I'm fine with it myself but not everyone is.

Last time I was in a relationship I had a still-active OKcupid account, I hadn't been using it much even before we met and honestly I just forgot about it. Unfortunately she found out the account existed... either she went to OKcupid on my computer and found it already logged in, or she was looking through my history.

It blew up into a whole big thing, to be honest it was probably indicative more of a red flag on her than on me since I'd not been using it and she was just wanting to paint me as sneaky, unfaithful and a pathological liar so that she could justify to herself the fact that she was sneaky, unfaithful and a pathological liar.

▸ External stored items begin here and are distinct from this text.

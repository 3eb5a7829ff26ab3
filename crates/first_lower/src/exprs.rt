ghost use Rattle.std.specs.Prelude.{◌≡◌, ◌∷◌, ◌+◌, ◌<◌, ◌^◌, [], true, Some, All, IfOk, OnOk, position, length, slice_get};
ghost use Rattle.std.specs.Str.{bytes_eq};
ghost use Rattle.core_form.specs.Added.{KeepsTrees};
ghost use Rattle.core_form.specs.Fine.{AreFineNodes};
ghost use Rattle.core_form.specs.Code.{And, Load, Nothing, Operation, expr_of};
ghost use Rattle.core_form.specs.declared.code.CoreOp.TheVariants as op;
ghost use Rattle.first_lower.specs.Known.{KnownWord, KnownPrimary, KnownTerm, KnownSum, KnownTest};
ghost use Rattle.first_lower.specs.Lowered.{leaf_of, whole, checked, operator_of, low_primary, low_term, low_terms, low_sum, apply, low_relation, low_test};
ghost use Rattle.first_lower.specs.Steps.{Adds, IsWhole};

use core_form::{CoreExpr, CoreOp, Nodes, Place};
use first_conditions::{KeyTable, key_of};
use first_path::{Adding, Primary, Relation, Sum, Term, Test, Word};
use spark_base::{ExprNo, Items, LeafNo, NoMemory};
use std::alloc::Global;

/// The leaf that a word names.
pub fn find_leaf(alloc: Global, table: &KeyTable, word: &Word) -> Result<LeafNo, NoMemory>
    requires known { KnownWord table.now word.now }
    requires room { length table.now < 2 ^ 32 }
    ensures value { IfOk result (λ l. l.0 ≡ leaf_of table.now word.now) }
    ensures within { IfOk result (λ l. l.0 < length table.now) }
{
    let key = key_of(alloc, word)?;
    match table.find(key.as_slice()) {
        Some(at) => Ok(LeafNo(at as u32)),
        None => unreachable!(),
    }
}

/// The whole of the leaf that a word names.
pub fn whole_place(alloc: Global, table: &KeyTable, word: &Word) -> Result<Place, NoMemory>
    requires known { KnownWord table.now word.now }
    requires room { length table.now < 2 ^ 32 }
    ensures place { IfOk result (λ p. IsWhole (leaf_of table.now word.now) p) }
    ensures within { IfOk result (λ p. p.leaf.0 < length table.now) }
{
    let leaf = find_leaf(alloc, table, word)?;
    Ok(whole_leaf(alloc, leaf))
}

/// The whole of a scalar leaf.
pub fn whole_leaf(alloc: Global, leaf: LeafNo) -> Place
    ensures { IsWhole leaf.0 result }
{
    Place {
        leaf,
        part: Items::new(alloc),
        whole: true,
        cells: 1,
    }
}

/// Adds the value of an operand.
fn add_primary(
    alloc: Global,
    nodes: &mut Nodes,
    table: &KeyTable,
    primary: &Primary,
) -> Result<ExprNo, NoMemory>
    requires fine { AreFineNodes nodes.old }
    requires leaves { nodes.old.leaves ≡ length table.now }
    requires known { KnownPrimary table.now primary.now }
    ensures adds { Adds nodes.old nodes.new }
    ensures within { IfOk result (λ e. e.0 < length nodes.new.exprs) }
    ensures tree { IfOk result (λ e. expr_of nodes.new.exprs e ≡ low_primary table.now primary.now) }
{
    match primary {
        Primary::Name(word) => {
            let from = whole_place(alloc, table, word)?;
            nodes.add_expr(CoreExpr::Read {
                from,
                at: word.span,
            })
        }
        Primary::Number(number) => nodes.add_expr(CoreExpr::Value(i128::from(*number))),
    }
}

/// Two children, in order.
fn pair(alloc: Global, first: ExprNo, second: ExprNo) -> Result<Items<ExprNo>, NoMemory>
    ensures { IfOk result (λ l. l ≡ first ∷ second ∷ []) }
{
    let mut list = Items::new(alloc);
    list.push(first)?;
    list.push(second)?;
    Ok(list)
}

/// The operator of the core form.
fn operator_of(operator: Adding) -> CoreOp
    ensures { result ≡ operator_of operator }
{
    match operator {
        Adding::Plus => CoreOp::Add,
        Adding::Minus => CoreOp::Sub,
    }
}

/// Adds an operation of two values.
fn add_application(
    alloc: Global,
    nodes: &mut Nodes,
    op: CoreOp,
    first: ExprNo,
    second: ExprNo,
) -> Result<ExprNo, NoMemory>
    requires fine { AreFineNodes nodes.old }
    requires first { first.0 < length nodes.old.exprs }
    requires second { second.0 < length nodes.old.exprs }
    ensures adds { Adds nodes.old nodes.new }
    ensures within { IfOk result (λ e. e.0 < length nodes.new.exprs) }
    ensures tree { IfOk result (λ e. expr_of nodes.new.exprs e
        ≡ apply op (expr_of nodes.old.exprs first) (expr_of nodes.old.exprs second)) }
{
    let args = pair(alloc, first, second)?;
    nodes.add_expr(CoreExpr::Apply { op, args })
}

/// Adds the negation of a truth value.
fn add_negation(alloc: Global, nodes: &mut Nodes, value: ExprNo) -> Result<ExprNo, NoMemory>
    requires fine { AreFineNodes nodes.old }
    requires value { value.0 < length nodes.old.exprs }
    ensures adds { Adds nodes.old nodes.new }
    ensures within { IfOk result (λ e. e.0 < length nodes.new.exprs) }
    ensures tree { IfOk result (λ e. expr_of nodes.new.exprs e ≡ Operation op.Not (And (expr_of nodes.old.exprs value) Nothing)) }
{
    let mut args = Items::new(alloc);
    args.push(value)?;
    nodes.add_expr(CoreExpr::Apply {
        op: CoreOp::Not,
        args,
    })
}

/// Adds a relation of two values.
fn add_relation(
    alloc: Global,
    nodes: &mut Nodes,
    relation: Relation,
    left: ExprNo,
    right: ExprNo,
) -> Result<ExprNo, NoMemory>
    requires fine { AreFineNodes nodes.old }
    requires left { left.0 < length nodes.old.exprs }
    requires right { right.0 < length nodes.old.exprs }
    ensures adds { OnOk result (Adds nodes.old nodes.new) }
    ensures within { IfOk result (λ e. e.0 < length nodes.new.exprs) }
    ensures tree { IfOk result (λ e. expr_of nodes.new.exprs e
        ≡ low_relation relation (expr_of nodes.old.exprs left) (expr_of nodes.old.exprs right)) }
{
    match relation {
        Relation::Equal => add_application(alloc, nodes, CoreOp::Eq, left, right),
        Relation::NotEqual => {
            let equal = add_application(alloc, nodes, CoreOp::Eq, left, right)?;
            add_negation(alloc, nodes, equal)
        }
        Relation::Less => add_application(alloc, nodes, CoreOp::Lt, left, right),
        Relation::AtMost => add_application(alloc, nodes, CoreOp::Le, left, right),
        Relation::Greater => add_application(alloc, nodes, CoreOp::Lt, right, left),
        Relation::AtLeast => add_application(alloc, nodes, CoreOp::Le, right, left),
    }
}

/// Adds what a term makes of the value before it.
fn add_term(
    alloc: Global,
    nodes: &mut Nodes,
    table: &KeyTable,
    before: ExprNo,
    term: &Term,
) -> Result<ExprNo, NoMemory>
    requires fine { AreFineNodes nodes.old }
    requires leaves { nodes.old.leaves ≡ length table.now }
    requires before { before.0 < length nodes.old.exprs }
    requires known { KnownTerm table.now term.now }
    ensures adds { Adds nodes.old nodes.new }
    ensures within { IfOk result (λ e. e.0 < length nodes.new.exprs) }
    ensures tree { IfOk result (λ e. expr_of nodes.new.exprs e ≡ low_term table.now (expr_of nodes.old.exprs before) term.now) }
{
    let operand = add_primary(alloc, nodes, table, &term.operand)?;
    add_application(alloc, nodes, operator_of(term.operator), before, operand)
}

/// Adds the value of a sum.
fn add_sum(
    alloc: Global,
    nodes: &mut Nodes,
    table: &KeyTable,
    sum: &Sum,
) -> Result<ExprNo, NoMemory>
    requires fine { AreFineNodes nodes.old }
    requires leaves { nodes.old.leaves ≡ length table.now }
    requires known { KnownSum table.now sum.now }
    ensures adds { Adds nodes.old nodes.new }
    ensures within { IfOk result (λ e. e.0 < length nodes.new.exprs) }
    ensures tree { IfOk result (λ e. expr_of nodes.new.exprs e ≡ low_sum table.now sum.now) }
{
    let mut value = add_primary(alloc, nodes, table, &sum.first)?;
    for term in sum.more.as_slice() {
        value = add_term(alloc, nodes, table, value, term)?;
    }
    Ok(value)
}

/// Adds the check that a value is an Integer.
pub fn add_integer(nodes: &mut Nodes, value: ExprNo) -> Result<ExprNo, NoMemory>
    requires fine { AreFineNodes nodes.old }
    requires value { value.0 < length nodes.old.exprs }
    ensures adds { Adds nodes.old nodes.new }
    ensures within { IfOk result (λ e. e.0 < length nodes.new.exprs) }
    ensures tree { IfOk result (λ e. expr_of nodes.new.exprs e ≡ checked (expr_of nodes.old.exprs value)) }
{
    nodes.add_expr(CoreExpr::Within {
        arg: value,
        low: -2_147_483_648,
        high: 2_147_483_647,
    })
}

/// Adds the value of a sum, checked to be an Integer.
pub fn add_checked(
    alloc: Global,
    nodes: &mut Nodes,
    table: &KeyTable,
    sum: &Sum,
) -> Result<ExprNo, NoMemory>
    requires fine { AreFineNodes nodes.old }
    requires leaves { nodes.old.leaves ≡ length table.now }
    requires known { KnownSum table.now sum.now }
    ensures adds { Adds nodes.old nodes.new }
    ensures within { IfOk result (λ e. e.0 < length nodes.new.exprs) }
    ensures tree { IfOk result (λ e. expr_of nodes.new.exprs e ≡ checked (low_sum table.now sum.now)) }
{
    let value = add_sum(alloc, nodes, table, sum)?;
    add_integer(nodes, value)
}

/// Adds the truth value of a test.
pub fn add_test(
    alloc: Global,
    nodes: &mut Nodes,
    table: &KeyTable,
    test: &Test,
) -> Result<ExprNo, NoMemory>
    requires fine { AreFineNodes nodes.old }
    requires leaves { nodes.old.leaves ≡ length table.now }
    requires known { KnownTest table.now test.now }
    ensures adds { OnOk result (Adds nodes.old nodes.new) }
    ensures within { IfOk result (λ e. e.0 < length nodes.new.exprs) }
    ensures tree { IfOk result (λ e. expr_of nodes.new.exprs e ≡ low_test table.now test.now) }
{
    let left = add_sum(alloc, nodes, table, &test.left)?;
    let right = add_sum(alloc, nodes, table, &test.right)?;
    add_relation(alloc, nodes, test.relation, left, right)
}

If I do ever get into a relationship again then I'll most likely just deactivate all my dating profiles.

EDIT:

off topic, but looked at what I just wrote and wondered to myself if it was an example of an issue I think I have (my ex certainly made it an issue). The bit in bold... would most people read that sentence and see it as an admission that I had been using my OKcupid account at least a little bit after I was in a relationship? It's just how I write, I have a tendency to not make absolute statements; but that has occasionally gotten me into trouble. In actual fact I hadn't used my OKcupid account at all since before we met.

Here is my story (noting that this is an old-ish thread).  I had a profile on a popular dating site when my future husband and I got back together (2005).  We didn't meet that way.  He'd had a match.com account and also one on "my site" but not for a long time -and nothing paid.  I'm really not sure if I was paid in advance on mine.  Don't recall. 

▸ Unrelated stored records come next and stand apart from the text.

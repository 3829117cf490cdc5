ghost use Rattle.std.specs.Prelude.{⊤, ◌≡◌, [], ◌∷◌, Some, codes, map, if◌then◌else◌};
ghost use Rattle.std.specs.Fmt.{DisplaysOnOk};
ghost use Rattle.std.specs.Int.RustNames.{bit_or};
ghost use Rattle.lagtypes.specs.States.{bits_of, state_from_bits, with_synchronization, with_timeout};
ghost use Rattle.lagtypes.specs.Texts.{joined_words, set_words, state_text};

use crate::identifiers::OctetText;
use bitflags::{Flag, Flags, bitflag_items};
use std::fmt;

/// The state octet of one end of a link (6.4.2.3, Actor_State).
#[derive(Clone, Copy, Debug, Default, PartialEq, Eq, PartialOrd, Ord, Hash)]
pub struct State(u8);

/// The eight bits of a state octet, from the least significant on (6.4.2.3).
#[derive(Clone, Copy, Debug, Default, PartialEq, Eq, Hash)]
pub struct StateBits {
    /// LACP_Activity: 1 active, 0 passive.
    pub activity: bool,
    /// LACP_Timeout: 1 Short Timeout, 0 Long Timeout.
    pub timeout: bool,
    /// Aggregation: 1 aggregatable, 0 Individual.
    pub aggregation: bool,
    /// Synchronization: 1 IN_SYNC, the end is in the right aggregator.
    pub synchronization: bool,
    /// Collecting: 1 if the end collects frames that come on the link.
    pub collecting: bool,
    /// Distributing: 1 if the end distributes frames to the link.
    pub distributing: bool,
    /// Defaulted: 1 if recordDefault set the end's partner, and no LACPDU since.
    pub defaulted: bool,
    /// Expired: 1 if the end's receive machine is in EXPIRED.
    pub expired: bool,
}

bitflag_items! {
    impl State: u8 {
        const ACTIVITY = 1;
        const TIMEOUT = 2;
        const AGGREGATION = 4;
        const SYNCHRONIZATION = 8;
        const COLLECTING = 16;
        const DISTRIBUTING = 32;
        const DEFAULTED = 64;
        const EXPIRED = 128;
    }
}

impl Flags for State {
    type Bits = u8;

    ghost exact = { ⊤ };

    ghost table = { (codes "ACTIVITY", 1) ∷ (codes "TIMEOUT", 2) ∷ (codes "AGGREGATION", 4) ∷ (codes "SYNCHRONIZATION", 8)
        ∷ (codes "COLLECTING", 16) ∷ (codes "DISTRIBUTING", 32) ∷ (codes "DEFAULTED", 64) ∷ (codes "EXPIRED", 128) ∷ [] };

    ghost set_of = { λ s. s.0 };

    fn flags<'a>() -> &'a [Flag<State>] {
        State::FLAGS
    }

    fn bits(&self) -> u8 {
        self.0
    }

    fn from_bits_retain(bits: u8) -> State {
        State(bits)
    }
}

impl From<StateBits> for State {
    ghost from_gives = { λ bits state. state ≡ state_from_bits bits };

    fn from(bits: StateBits) -> State {
        let mut state = State(0);
        state.insert_if(State::ACTIVITY, bits.activity);
        state.insert_if(State::TIMEOUT, bits.timeout);
        state.insert_if(State::AGGREGATION, bits.aggregation);
        state.insert_if(State::SYNCHRONIZATION, bits.synchronization);
        state.insert_if(State::COLLECTING, bits.collecting);
        state.insert_if(State::DISTRIBUTING, bits.distributing);
        state.insert_if(State::DEFAULTED, bits.defaulted);
        state.insert_if(State::EXPIRED, bits.expired);
        state
    }
}

impl State {
    /// Adds a bit if `on` is true.
    fn insert_if(&mut self, flag: State, on: bool)
        ensures { self.new.0 ≡ (if on then bit_or self.old.0 flag.0 else self.old.0) }
    {
        if on {
            self.insert(flag);
        }
    }

    /// The eight bits by name (6.4.2.3).
    pub fn named(self) -> StateBits
        ensures { result ≡ bits_of self }
    {
        StateBits {
            activity: self.is_active(),
            timeout: self.is_short(),
            aggregation: self.is_aggregatable(),
            synchronization: self.is_synchronized(),
            collecting: self.is_collecting(),
            distributing: self.is_distributing(),
            defaulted: self.is_defaulted(),
            expired: self.is_expired(),
        }
    }

    // promise: a reader of a state reads its bit; `with_synchronization`, `with_timeout` change that bit alone
    // contract: `is_active` and its siblings, `named`, `State::from`
    /// Whether LACP_Activity is 1: the end is active (6.4.2.3).
    pub fn is_active(self) -> bool
        ensures { result ≡ (bits_of self).activity }
    {
        self.contains(State::ACTIVITY)
    }

    /// Whether LACP_Timeout is 1: the end has Short Timeout (6.4.2.3).
    pub fn is_short(self) -> bool
        ensures { result ≡ (bits_of self).timeout }
    {
        self.contains(State::TIMEOUT)
    }

    /// Whether Aggregation is 1: the end is aggregatable, not Individual (6.4.2.3).
    pub fn is_aggregatable(self) -> bool
        ensures { result ≡ (bits_of self).aggregation }
    {
        self.contains(State::AGGREGATION)
    }

    /// Whether Synchronization is 1: the end is in the right aggregator (6.4.2.3).
    pub fn is_synchronized(self) -> bool
        ensures { result ≡ (bits_of self).synchronization }
    {
        self.contains(State::SYNCHRONIZATION)
    }

    /// Whether Collecting is 1 (6.4.2.3).
    pub fn is_collecting(self) -> bool
        ensures { result ≡ (bits_of self).collecting }
    {
        self.contains(State::COLLECTING)
    }

    /// Whether Distributing is 1 (6.4.2.3).
    pub fn is_distributing(self) -> bool
        ensures { result ≡ (bits_of self).distributing }
    {
        self.contains(State::DISTRIBUTING)
    }

    /// Whether Defaulted is 1: recordDefault set the end's partner, and no LACPDU since (6.4.2.3).
    pub fn is_defaulted(self) -> bool
        ensures { result ≡ (bits_of self).defaulted }
    {
        self.contains(State::DEFAULTED)
    }

    /// Whether Expired is 1: the end's receive machine is in EXPIRED (6.4.2.3).
    pub fn is_expired(self) -> bool
        ensures { result ≡ (bits_of self).expired }
    {
        self.contains(State::EXPIRED)
    }

    /// This state with Synchronization set to this value, and all other bits as they are (6.4.2.3).
    pub fn with_synchronization(self, on: bool) -> State
        ensures { result ≡ with_synchronization on self }
    {
        let mut bits = self.named();
        bits.synchronization = on;
        State::from(bits)
    }

    /// This state with LACP_Timeout set to this value, and all other bits as they are (6.4.2.3).
    pub fn with_timeout(self, on: bool) -> State
        ensures { result ≡ with_timeout on self }
    {
        let mut bits = self.named();
        bits.timeout = on;
        State::from(bits)
    }
}

/// The name of each bit.
const WORDS: [(State, &str); 8] = [
    (State::ACTIVITY, "active"),
    (State::TIMEOUT, "short"),
    (State::AGGREGATION, "aggregatable"),
    (State::SYNCHRONIZATION, "synchronized"),
    (State::COLLECTING, "collecting"),
    (State::DISTRIBUTING, "distributing"),
    (State::DEFAULTED, "defaulted"),
    (State::EXPIRED, "expired"),
];

/// Writes a word, with a comma before it if it is not the first.
fn write_word<W: fmt::Write>(f: &mut fmt::Formatter<W>, is_first: bool, word: &str) -> fmt::Result
    ensures { DisplaysOnOk W.write_str_gives f.old result (Some (if is_first then word.now else (44 ∷ word.now))) f.new }
{
    if !is_first {
        f.write_str(",")?;
    }
    f.write_str(word)
}

/// Writes the names of the bits that are 1, with commas between, or `none`.
fn write_words<W: fmt::Write>(
    f: &mut fmt::Formatter<W>,
    state: State,
    words: &[(State, &str)],
) -> fmt::Result
    ensures { DisplaysOnOk W.write_str_gives f.old result
        (Some (joined_words (set_words state.0 (map (λ w. (w.0.0, w.1.now)) words.now)))) f.new }
{
    let mut is_first = true;
    for (flag, word) in words {
        if state.contains(*flag) {
            write_word(f, is_first, word)?;
            is_first = false;
        }
    }
    if is_first {
        f.write_str("none")?;
    }
    Ok(())
}

impl fmt::Display for State {
    ghost output = { λ s. Some (state_text s.0) };

    /// Two lower-case hexadecimal digits, a space, and the names of the bits that are 1, lowest bit first, with commas
    /// between, or `none`.
    fn fmt<W: fmt::Write>(&self, f: &mut fmt::Formatter<W>) -> fmt::Result {
        write!(f, "{} ", OctetText(self.0))?;
        write_words(f, *self, &WORDS)
    }
}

I suspended my profile once we got back together which meant I couldn't read emails from anyone who contacted me.  Or maybe send (never tried).  But - I logged on on behalf of friends who would ask me to check out a guy they were interested in especially if I knew/knew of him (it happened more often than one would think).  I'd mentioned this to my boyfriend - in passing -he knew, no issue (not as a trust thing -as a "oh ____ is thinking of dating this guy, I checked out his profile").

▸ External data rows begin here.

ghost use Rattle.std.specs.Prelude.{◌≡◌, IfOk, map};
ghost use Rattle.lagtypes.specs.Words.{number_below, words_of};

use std::alloc::{AllocError, Global};

// promise: a text is cut into words at every single space
// contract: `words_of`
/// The words of a text, cut at each space: an empty word stands between two spaces, and an empty text is one empty word.
/// `AllocError` if memory for the list is refused.
pub fn words_of<'a>(alloc: Global, text: &'a str) -> Result<Vec<&'a str>, AllocError>
    ensures { IfOk result (λ words. map (λ w. w.now) words.items ≡ words_of text.now) }
{
    let mut words = Vec::new(alloc);
    for word in text.split(' ') {
        words.push(word)?;
    }
    Ok(words)
}

// promise: decimal digits have their value up to 65,535 or 4,294,967,295, with leading zeros; any other word has none
// contract: `decimal_u16`, `decimal_u32` (`number_below`)
/// The value of a word of decimal digits, 0 to 65535; leading zeros are allowed. None for any other word: one that is empty,
/// signed or too large.
pub fn decimal_u16(word: &str) -> Option<u16>
    ensures { result ≡ number_below 65536 word.now }
{
    // `parse` would accept a plus sign too.
    if word.starts_with('+') {
        return None;
    }
    word.parse().ok()
}

/// The value of a word of decimal digits, 0 to 4294967295; leading zeros are allowed. None for any other word: one that is
/// empty, signed or too large.
pub fn decimal_u32(word: &str) -> Option<u32>
    ensures { result ≡ number_below 4294967296 word.now }
{
    if word.starts_with('+') {
        return None;
    }
    word.parse().ok()
}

Fast forward a few months later. It came to my attention (from a guy I was friendly with who I'd met in the past through the site) that my profile was still visible and "active" despite my believing I'd suspended and that that was the equivalent of deleting.  So I called the site owners (yes, that is what I had to do) and asked them to delete it entirely.  I decided it wasn't worth it logging on for friends if it would then show me active -even though my boyfriend knew his friends might see me active and tell him which would be awkward although not a trust issue.

Related -when we were already married I realized - because my husband told me- that he was still getting match.com emails with suggested matches as was his friend who was also married.  They'd joke about who was suggested.  When I found out I was not at all upset but didn't like the idea of him still getting emails which suggested that others might get emails suggesting him.  It was a quick calm conversation.  He agreed with me and stopped.  It's really that simple when there is trust.

I've known him since 1994.  We've been partners/spouses for about 19 years of that time.  I've never ever lacked trust in him, he's never cheated, I've never cheated.  We've never ever checked each other's phones or devices or papers or anything for any reason related to trust.  We each have kept in touch with people we dated, we each have socialized with exes (first marriage for both), and never ever had a trust issue.  I just cannot fathom it any other way.  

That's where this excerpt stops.